# Warming it up for outdoor nationals



## feildfool (Jul 22, 2009)

If you could smoke just one AT’er at Outdoor Nationals who would you choose?


----------



## pragmatic_lee (Jan 19, 2008)

I refuse to answer until you clarify exactly what you mean by "smoking" someone. :zip:

If you're talking about out-scoring them, then heck, I got crispies from half of them already.


----------



## feildfool (Jul 22, 2009)

pragmatic_lee said:


> I refuse to answer until you clarify exactly what you mean by "smoking" someone. :zip:
> 
> If you're talking about out-scoring them, then heck, I got crispies from half of them already.


Leaving in the dust.
Crushing defeat.
Taking crispies.
Beating like a <fill in your favorite pet> then kicking down a dry well.
.....some just call it winning.

:darkbeer:


----------



## X Hunter (Jan 11, 2007)

I feel left out im not on the list


----------



## pragmatic_lee (Jan 19, 2008)

feildfool said:


> Leaving in the dust.
> Crushing defeat.
> Taking crispies.
> Beating like a <fill in your favorite pet> then kicking down a dry well.
> ...


OK, around here we just call it "kicking butt" - well, not really butt, but you know what I mean.

Guess I'm going to have to pick Spoon13 - why, cause he's a chewie that just too good when playing "our" Field games. :tongue: Bring it on Matt. :wink:


----------



## Brown Hornet (Aug 8, 2002)

I voted other 

I have already beat everyone on your list or shoot close enough to them that it's not a big deal.... Rattleman. 

Sticky...got a collection of his...and I have to be tuning or have a bad day to loose to him usually 

Bubbleguts....:chortle: he learned his lesson already 

Lucky.... Seriously :noidea:

Laura....why is she even on the list? :noidea: not only does she not shoot field....there is no Laura leg humping going on over here :wink:

JBird....already worked him over last year

Prag....small time :wink:

Sarge.... Nobody pays attention Dragons anymore :doh:

That leaves Spoon13 and Rock Monkey...I want to shoot with both of them......beating them wouldn't be a goal or make me happy. 

I voted other....but the only person I really want to beat is me....he is the only one that kicks my arse.
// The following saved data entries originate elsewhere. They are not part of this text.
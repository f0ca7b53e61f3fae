//! Tests of logins with OpenID Connect.

#![tactic(auto)]

#[cfg(test)]
mod ends;
#[cfg(test)]
mod providers;
#[cfg(test)]
mod starts;
#[cfg(test)]
mod support;
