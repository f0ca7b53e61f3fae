//! The introspection of a token (RFC 7662, section 2).

ghost use Rattle.std.specs.Prelude.{◌≡◌, ◌++◌, ◌∷◌, [], Some, None, IfOk, Err};
ghost use Rattle.http_uri.specs.Uri.{SpellsNone};
ghost use Rattle.url.specs.Parts.{serialize};
ghost use Rattle.oauth2_wire.specs.Once.{AsksOnce};
ghost use Rattle.oauth2_wire.specs.Reply.{answer_of};
ghost use Rattle.oauth2_wire.specs.Request.{IsRequestOf, view_of};
ghost use Rattle.oauth2_wire.specs.Texts.{param_bytes};
ghost use Rattle.oauth2_requests.specs.TokenIntrospection.{introspection_configuration};

use crate::base_request::BaseRequest;
use oauth2_codes::ErrorResponse;
use oauth2_json::FromJson;
use oauth2_types::AccessToken;
use oauth2_urls::IntrospectionUrl;
use oauth2_wire::{HttpRequest, ParamText, RequestFault, RequestTokenError, SyncHttpClient};
use std::alloc::{AllocError, Global};
use std::marker::{Model, PhantomData};

/// A request to the introspection endpoint: whether a token is active, and what the server knows of
/// it.
#[derive(Drop)]
#[derive_where(Debug)]
pub struct IntrospectionRequest<'a, TE, TIR> {
    base: BaseRequest<'a>,
    introspection_url: &'a IntrospectionUrl,
    token: &'a AccessToken,
    token_type_hint: Option<ParamText<'a>>,
    phantom: PhantomData<(TE, TIR)>,
}

impl<'a, TE, TIR> Model for IntrospectionRequest<'a, TE, TIR> {
    ghost use Rattle.std.specs.Prelude.{option_map};
    ghost use Rattle.oauth2_wire.specs.Texts.{param_bytes};
    ghost use Rattle.oauth2_requests.specs.TokenIntrospection.{TokenIntrospection};

    ghost Value = { TokenIntrospection };

    ghost view = { λ r. record {
      base = r.base;
      introspection_url = r.introspection_url.now;
      token = r.token.now;
      token_type_hint = option_map param_bytes r.token_type_hint;
    } };
}

impl<'a, TE, TIR> IntrospectionRequest<'a, TE, TIR> {
    /// A request with no token type hint yet. `oauth2::Client` builds it; call `new` yourself if
    /// you keep your endpoints without a `Client`.
    pub fn new(
        base: BaseRequest<'a>,
        introspection_url: &'a IntrospectionUrl,
        token: &'a AccessToken,
    ) -> Self
        ensures { result ≡ record {
          base = base.entry;
          introspection_url = introspection_url.now;
          token = token.now;
          token_type_hint = None;
        } }
    {
        IntrospectionRequest {
            base,
            introspection_url,
            token,
            token_type_hint: None,
            phantom: PhantomData,
        }
    }

    /// Sets the hint of the token's type, such as `access_token` or `refresh_token` (RFC 7662,
    /// section 2.1). Any text is sent unchanged, even an empty one.
    pub fn set_token_type_hint(mut self, token_type_hint: ParamText<'a>) -> Self
        ensures { result ≡ record self.entry {
          token_type_hint = Some (param_bytes token_type_hint.entry);
        } }
    {
        self.token_type_hint = Some(token_type_hint);
        self
    }

    /// Adds an extra parameter. If the request itself sends a parameter with that name, both are
    /// sent.
    pub fn add_extra_param(
        mut self,
        name: ParamText<'a>,
        value: ParamText<'a>,
    ) -> Result<Self, AllocError>
        ensures { let added = (param_bytes name.entry, param_bytes value.entry) ∷ [] in
            IfOk result (λ r. r ≡ record self.entry {
              base =
                  record self.entry.base { extra_params = self.entry.base.extra_params ++ added };
            }) }
    {
        self.base.add_extra_param(name, value)?;
        Ok(self)
    }

    /// The POST that `request` sends. The error is `NotHttp` if the endpoint URL is not an HTTP
    /// target.
    pub fn prepare_request(&self, alloc: Global) -> Result<HttpRequest, RequestFault>
        ensures ok { IfOk result (λ r. IsRequestOf (introspection_configuration self.now)
            (serialize self.now.introspection_url.url) (view_of r)) }
        ensures not_http { result ≡ Err RequestFault.NotHttp
            → SpellsNone (serialize self.now.introspection_url.url) }
    {
        let url = self.introspection_url.url();
        let token = ("token", self.token.secret().as_str());
        match &self.token_type_hint {
            None => self.base.prepare(alloc, url, None, &[token]),
            Some(hint) => self.base.prepare(
                alloc,
                url,
                None,
                &[token, ("token_type_hint", hint.as_str())],
            ),
        }
    }
}

impl<'a, TE: ErrorResponse, TIR: FromJson> IntrospectionRequest<'a, TE, TIR> {
    /// Sends the request once, and reads its reply as a `TIR`: any type that implements `FromJson`.
    pub fn request<C: SyncHttpClient>(
        self,
        alloc: Global,
        http_client: &mut C,
    ) -> Result<TIR, RequestTokenError<C::Error, TE>>
        requires { C.is_ready http_client.old }
        ensures once { AsksOnce TIR.meaning TE.meaning C.step
            (answer_of self.entry.base.reply_rule TIR.reading TE.reading)
            (IsRequestOf (introspection_configuration self.entry))
            (serialize self.entry.introspection_url.url)
            http_client.old result http_client.new }
        ensures ready { C.is_ready http_client.new }
    {
        let prepared = self.prepare_request(alloc);
        self.base.send_once(alloc, prepared, http_client)
    }
}
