//! The request for an authorization URL (RFC 6749, section 4.1.1).

ghost use Rattle.std.specs.Prelude.{◌≡◌, ◌↔◌, ◌++◌, ◌∷◌, [], Some, None, Err, IfOk, IfErr, OnOk};
ghost use Rattle.std.specs.Prelude.{IsTrue, List, ℕ, codes, map, option_copied, option_map};
ghost use Rattle.std.specs.Prelude.{unwrap_or};
ghost use Rattle.std.specs.Iterator.{Drains, IsFinite};
ghost use Rattle.oauth2_json.specs.Words.{joined_words};
ghost use Rattle.url.specs.Parser.{IsOutOfRoom};
ghost use Rattle.url.specs.Parts.{IsValid};
ghost use Rattle.oauth2_wire.specs.Expected.{optional_pair};
ghost use Rattle.oauth2_wire.specs.Texts.{param_bytes, param_pair, redirect_of, given_text};
ghost use Rattle.oauth2_requests.specs.Authorization.{IsTooLong, asked_url, query_pairs};
ghost use Rattle.oauth2_requests.specs.Authorization.{challenge_pairs, scope_pairs};
ghost use Rattle.oauth2_requests.specs.Authorization.{required_pairs, optional_pairs};
ghost use Rattle.form_urlencoded.specs.Form.{extend_pairs};
ghost use Rattle.oauth2_form.specs.Length.{usize_len};
ghost use Rattle.oauth2_form.specs.Query.{ExtendsQuery};
ghost use Rattle.oauth2_form.specs.ExtendsForm.{ExtendsForm};

use crate::query_len::{with_challenge, with_extra_params, with_pair, with_redirect, with_scopes};
use oauth2_form::{append_pair, append_plain_pair, query_text, with_query};
use oauth2_json::members;
use oauth2_types::{ClientId, CsrfToken, PkceCodeChallenge, ResponseType, Scope};
use oauth2_urls::{AuthUrl, RedirectUrl};
use oauth2_wire::{ParamText, RedirectRef};
use std::alloc::{AllocError, Global};
use std::marker::Model;
use url::{ParseError, Position, Url};

/// A request for an authorization URL.
#[derive(Debug, Drop)]
pub struct AuthorizationRequest<'a> {
    auth_url: &'a AuthUrl,
    client_id: &'a ClientId,
    state: CsrfToken,
    response_type: ParamText<'a>,
    pkce_challenge: Option<PkceCodeChallenge>,
    redirect_url: Option<RedirectRef<'a>>,
    scopes: Vec<Scope>,
    extra_params: Vec<(ParamText<'a>, ParamText<'a>)>,
}

impl<'a> Model for AuthorizationRequest<'a> {
    ghost use Rattle.std.specs.Prelude.{map, option_map};
    ghost use Rattle.oauth2_wire.specs.Texts.{param_bytes, param_pair, redirect_of};
    ghost use Rattle.oauth2_requests.specs.Authorization.{Authorization};

    ghost Value = { Authorization };

    ghost view = { λ r. record {
      auth_url = r.auth_url.now;
      client_id = r.client_id.now;
      state = r.state;
      response_type = param_bytes r.response_type;
      pkce_challenge = r.pkce_challenge;
      redirect_url = option_map redirect_of r.redirect_url;
      scopes = r.scopes.items;
      extra_params = map param_pair r.extra_params.items;
    } };
}

impl<'a> AuthorizationRequest<'a> {
    /// A request for a code, with this state. `oauth2::Client` builds it; call `new` yourself if
    /// you keep your endpoints without a `Client`.
    pub fn new(
        alloc: Global,
        auth_url: &'a AuthUrl,
        client_id: &'a ClientId,
        redirect_url: Option<&'a RedirectUrl>,
        state: CsrfToken,
    ) -> Self
        ensures { result ≡ record {
          auth_url = auth_url.now;
          client_id = client_id.now;
          state = state;
          response_type = codes "code";
          pkce_challenge = None;
          redirect_url = option_copied redirect_url.entry;
          scopes = [];
          extra_params = [];
        } }
    {
        AuthorizationRequest {
            auth_url,
            client_id,
            state,
            response_type: ParamText::Borrowed("code"),
            pkce_challenge: None,
            redirect_url: redirect_url.map(RedirectRef::Borrowed),
            scopes: Vec::new(alloc),
            extra_params: Vec::new(alloc),
        }
    }

    /// Adds a scope.
    pub fn add_scope(mut self, scope: Scope) -> Result<Self, AllocError>
        ensures { IfOk result (λ r. r ≡ record self.entry {
          scopes = self.entry.scopes ++ scope ∷ [];
        }) }
    {
        self.scopes.push(scope)?;
        Ok(self)
    }

    /// Adds scopes, in order. The iterator must end.
    pub fn add_scopes<I: IntoIterator<Item = Scope>>(
        mut self,
        scopes: I,
    ) -> Result<Self, AllocError>
        requires { (it : I.IntoIter) → I.into_iter_gives scopes it
            → I.IntoIter.can_next it × IsFinite (I.IntoIter.remaining it) }
        ensures { IfOk result (λ r. (it : I.IntoIter) × (added : List (List ℕ))
            × I.into_iter_gives scopes it × Drains I.IntoIter.next_gives it added
            × (r ≡ record self.entry { scopes = self.entry.scopes ++ added })) }
    {
        self.scopes.extend(scopes)?;
        Ok(self)
    }

    /// Adds an extra parameter. If the request itself sends a parameter with that name, both are
    /// sent.
    pub fn add_extra_param(
        mut self,
        name: ParamText<'a>,
        value: ParamText<'a>,
    ) -> Result<Self, AllocError>
        ensures { let added = (param_bytes name.entry, param_bytes value.entry) ∷ [] in
            IfOk result (λ r. r ≡ record self.entry {
              extra_params = self.entry.extra_params ++ added;
            }) }
    {
        self.extra_params.push((name, value))?;
        Ok(self)
    }

    /// Requests a token instead of a code: the implicit flow (RFC 6749, section 4.2.1).
    pub fn use_implicit_flow(mut self) -> Self
        ensures { result ≡ record self.entry { response_type = codes "token" } }
    {
        self.response_type = ParamText::Borrowed("token");
        self
    }

    /// Sets the response type. Without this call, it is `code`.
    pub fn set_response_type(
        mut self,
        alloc: Global,
        response_type: &ResponseType,
    ) -> Result<Self, AllocError>
        ensures { IfOk result (λ r. r ≡ record self.entry { response_type = response_type.now }) }
    {
        self.response_type = ParamText::Owned(String::from_str(alloc, response_type.as_str())?);
        Ok(self)
    }

    /// Sets the code challenge (RFC 7636, section 4.3).
    pub fn set_pkce_challenge(mut self, pkce_code_challenge: PkceCodeChallenge) -> Self
        ensures { result ≡ record self.entry { pkce_challenge = Some pkce_code_challenge } }
    {
        self.pkce_challenge = Some(pkce_code_challenge);
        self
    }

    /// Sets the redirect URL. Without this call, it is that of the client, if the client has one.
    pub fn set_redirect_uri(mut self, redirect_url: RedirectRef<'a>) -> Self
        ensures { result ≡ record self.entry {
          redirect_url = Some (redirect_of redirect_url.entry);
        } }
    {
        self.redirect_url = Some(redirect_url);
        self
    }

    /// The URL to send the user to, and the state. The error is `OutOfMemory`, or `Overflow` if the
    /// URL would be longer than a `Url` can be.
    pub fn url(self, alloc: Global) -> Result<(Url, CsrfToken), ParseError>
        ensures ok { IfOk result (λ r.
            ExtendsQuery self.entry.auth_url.url r.0 (query_pairs self.entry)) }
        ensures state { IfOk result (λ r. r.1 ≡ self.entry.state) }
        ensures refusal { IfErr result IsOutOfRoom }
        ensures overflow { result ≡ Err ParseError.Overflow ↔ IsTooLong (asked_url self.entry) }
    {
        let url = self.authorization_url(alloc)?;
        Ok((url, self.state))
    }

    /// The URL without the state. It borrows the request, so you can call it again if memory ran
    /// out. The errors are those of `url`.
    pub fn authorization_url(&self, alloc: Global) -> Result<Url, ParseError>
        ensures ok { IfOk result (λ url.
            ExtendsQuery self.now.auth_url.url url (query_pairs self.now)) }
        ensures refusal { IfErr result IsOutOfRoom }
        ensures overflow { result ≡ Err ParseError.Overflow ↔ IsTooLong (asked_url self.now) }
    {
        let url = self.auth_url.url();
        let Ok(form) = self.extended_query(alloc) else {
            return Err(self.refusal());
        };
        // This is tested first, because the contract of `with_query` does not say which of its two
        // errors is returned when.
        if is_too_long(url, form.len()) {
            return Err(ParseError::Overflow);
        }
        match with_query(url, form.as_slice()) {
            Ok(extended) => Ok(extended),
            Err(_) => Err(ParseError::OutOfMemory),
        }
    }

    // The error if memory ran out for the query: `Overflow` if the URL would be too long anyway.
    // The length is computed pair by pair, which allocates nothing.
    fn refusal(&self) -> ParseError
        ensures room { IsOutOfRoom result }
        ensures overflow { result ≡ ParseError.Overflow ↔ IsTooLong (asked_url self.now) }
    {
        if is_too_long(self.auth_url.url(), self.query_len()) {
            ParseError::Overflow
        } else {
            ParseError::OutOfMemory
        }
    }

    // The length in bytes of the query of the authorization URL, or `usize::MAX` if it is longer.
    fn query_len(&self) -> usize
        ensures { let query = unwrap_or self.now.auth_url.url.query [] in
            result ≡ usize_len (extend_pairs query (query_pairs self.now)) }
    {
        let own = own_query(self.auth_url.url());
        let len = self.required_len(own.len());
        let len = with_challenge(len, &self.pkce_challenge);
        let len = with_redirect(len, &self.redirect_url);
        let len = with_scopes(len, &self.scopes);
        with_extra_params(len, &self.extra_params)
    }

    // The length of a query of `own` bytes with the parameters that every request sends.
    fn required_len(&self, own: usize) -> usize
        ensures { (query : List ℕ) → own ≡ usize_len query
            → result ≡ usize_len (extend_pairs query (required_pairs self.now)) }
    {
        let len = with_pair(own, "response_type", self.response_type.as_str());
        let len = with_pair(len, "client_id", self.client_id.as_str());
        with_pair(len, "state", self.state.secret().as_str())
    }

    // The query of the endpoint with the parameters of the request appended.
    fn extended_query(&self, alloc: Global) -> Result<Vec<u8>, AllocError>
        ensures { let query = unwrap_or self.now.auth_url.url.query [] in
            IfOk result (λ form. ExtendsForm query form.items (query_pairs self.now)) }
    {
        let mut form = query_text(alloc, self.auth_url.url())?;
        self.push_required(&mut form)?;
        self.push_optional(alloc, &mut form)?;
        Ok(form)
    }

    // Appends the parameters that every request sends.
    fn push_required(&self, form: &mut Vec<u8>) -> Result<(), AllocError>
        ensures { OnOk result
            (ExtendsForm form.old.items form.new.items (required_pairs self.now)) }
    {
        append_plain_pair(form, "response_type", self.response_type.as_str())?;
        append_plain_pair(form, "client_id", self.client_id.as_str())?;
        append_plain_pair(form, "state", self.state.secret().as_str())?;
        Ok(())
    }

    // Appends the parameters that a request sends only if they were set.
    fn push_optional(&self, alloc: Global, form: &mut Vec<u8>) -> Result<(), AllocError>
        ensures { OnOk result
            (ExtendsForm form.old.items form.new.items (optional_pairs self.now)) }
    {
        push_challenge(form, &self.pkce_challenge)?;
        push_redirect(form, &self.redirect_url)?;
        push_scopes(alloc, form, &self.scopes)?;
        push_extra_params(form, &self.extra_params)?;
        Ok(())
    }
}

// The query of a URL, or the empty text if it has none.
fn own_query(url: &Url) -> &str
    ensures { result.now ≡ unwrap_or url.now.query [] }
{
    url.query().unwrap_or("")
}

// Whether the URL with a query of `query_len` bytes would be longer than a `Url` can be.
fn is_too_long(url: &Url, query_len: usize) -> bool
    ensures longer { (query : List ℕ) → query_len ≡ usize_len query
        → (IsTrue result ↔ IsTooLong (record url.now { query = Some query })) }
    ensures valid { IsValid url.now }
{
    let fragment = url.as_str().len() - url.index(Position::AfterQuery);
    let others = url.index(Position::AfterPath) + "?".len() + fragment;
    others.saturating_add(query_len) > u32::MAX as usize
}

fn push_challenge(
    form: &mut Vec<u8>,
    challenge: &Option<PkceCodeChallenge>,
) -> Result<(), AllocError>
    ensures { OnOk result
        (ExtendsForm form.old.items form.new.items (challenge_pairs challenge.now)) }
{
    if let Some(challenge) = challenge {
        append_plain_pair(form, "code_challenge", challenge.as_str())?;
        append_plain_pair(form, "code_challenge_method", challenge.method().as_str())?;
    }
    Ok(())
}

fn push_redirect(form: &mut Vec<u8>, redirect: &Option<RedirectRef<'_>>) -> Result<(), AllocError>
    ensures { let text = option_map given_text (option_map redirect_of redirect.now) in
        OnOk result (ExtendsForm form.old.items form.new.items
        (optional_pair (codes "redirect_uri") text)) }
{
    if let Some(redirect) = redirect {
        append_plain_pair(form, "redirect_uri", redirect.redirect_url().as_str())?;
    }
    Ok(())
}

fn push_scopes(alloc: Global, form: &mut Vec<u8>, scopes: &[Scope]) -> Result<(), AllocError>
    ensures { let scope = joined_words scopes.now in
        OnOk result (ExtendsForm form.old.items form.new.items (scope_pairs scope)) }
{
    let scope = members::join_with_spaces(alloc, scopes)?;
    push_scope(form, scope.as_str())?;
    Ok(())
}

fn push_scope(form: &mut Vec<u8>, scope: &str) -> Result<(), AllocError>
    ensures { OnOk result (ExtendsForm form.old.items form.new.items (scope_pairs scope.now)) }
{
    if !scope.is_empty() {
        append_plain_pair(form, "scope", scope)?;
    }
    Ok(())
}

fn push_extra_params(
    form: &mut Vec<u8>,
    extra_params: &[(ParamText<'_>, ParamText<'_>)],
) -> Result<(), AllocError>
    ensures { OnOk result
        (ExtendsForm form.old.items form.new.items (map param_pair extra_params.now)) }
{
    for (name, value) in extra_params {
        append_pair(form, name.as_str(), value.as_str())?;
    }
    Ok(())
}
When I step on a course....I worry about what I am doing and the only person I really want to beat. 

When I hit my goal I am gonna sign a crispy over to myself


----------



## sharkred7 (Jul 19, 2005)

I voted other cuz I'd like to beat Jesse B:tongue:

That and I have never shot with any one on your list


----------



## Unclegus (May 27, 2003)

I'd like just one time to beat the head games I play with myself.......


----------



## blueglide1 (Jun 29, 2006)

All of the above,actually I would love to shoot with any of them.If I ever got over to the right coast area.


----------



## psargeant (Aug 1, 2004)

I made a list...does that mean I'm famous:dontknow:??

Seriously...anybody picking me is really aiming low...


----------



## Spoon13 (Feb 20, 2007)

feildfool said:


> If you could smoke just one AT’er at Outdoor Nationals who would you choose?


Wow. I'm honored to make such a list. 



pragmatic_lee said:


> OK, around here we just call it "kicking butt" - well, not really butt, but you know what I mean.
> 
> Guess I'm going to have to pick Spoon13 - why, cause he's a chewie that just too good when playing "our" Field games. :tongue: Bring it on Matt. :wink:


Don't hate the player, hate the game!!!

BTW- That's Mr. Chewie to you.

Actually I'm starting to reclassify myself as a Spottie with Chewie tendencies. I will say that the only chewie event I have on my calendar for the rest of the year is the ASA State Championship because my club is hosting it. And the Club Championship, if they have one again this year.




Brown Hornet said:


> I voted other
> 
> I have already beat everyone on your list or shoot close enough to them that it's not a big deal.... Rattleman.
> 
> ...


I'm with you on that one. Maybe we can get together on the Hill.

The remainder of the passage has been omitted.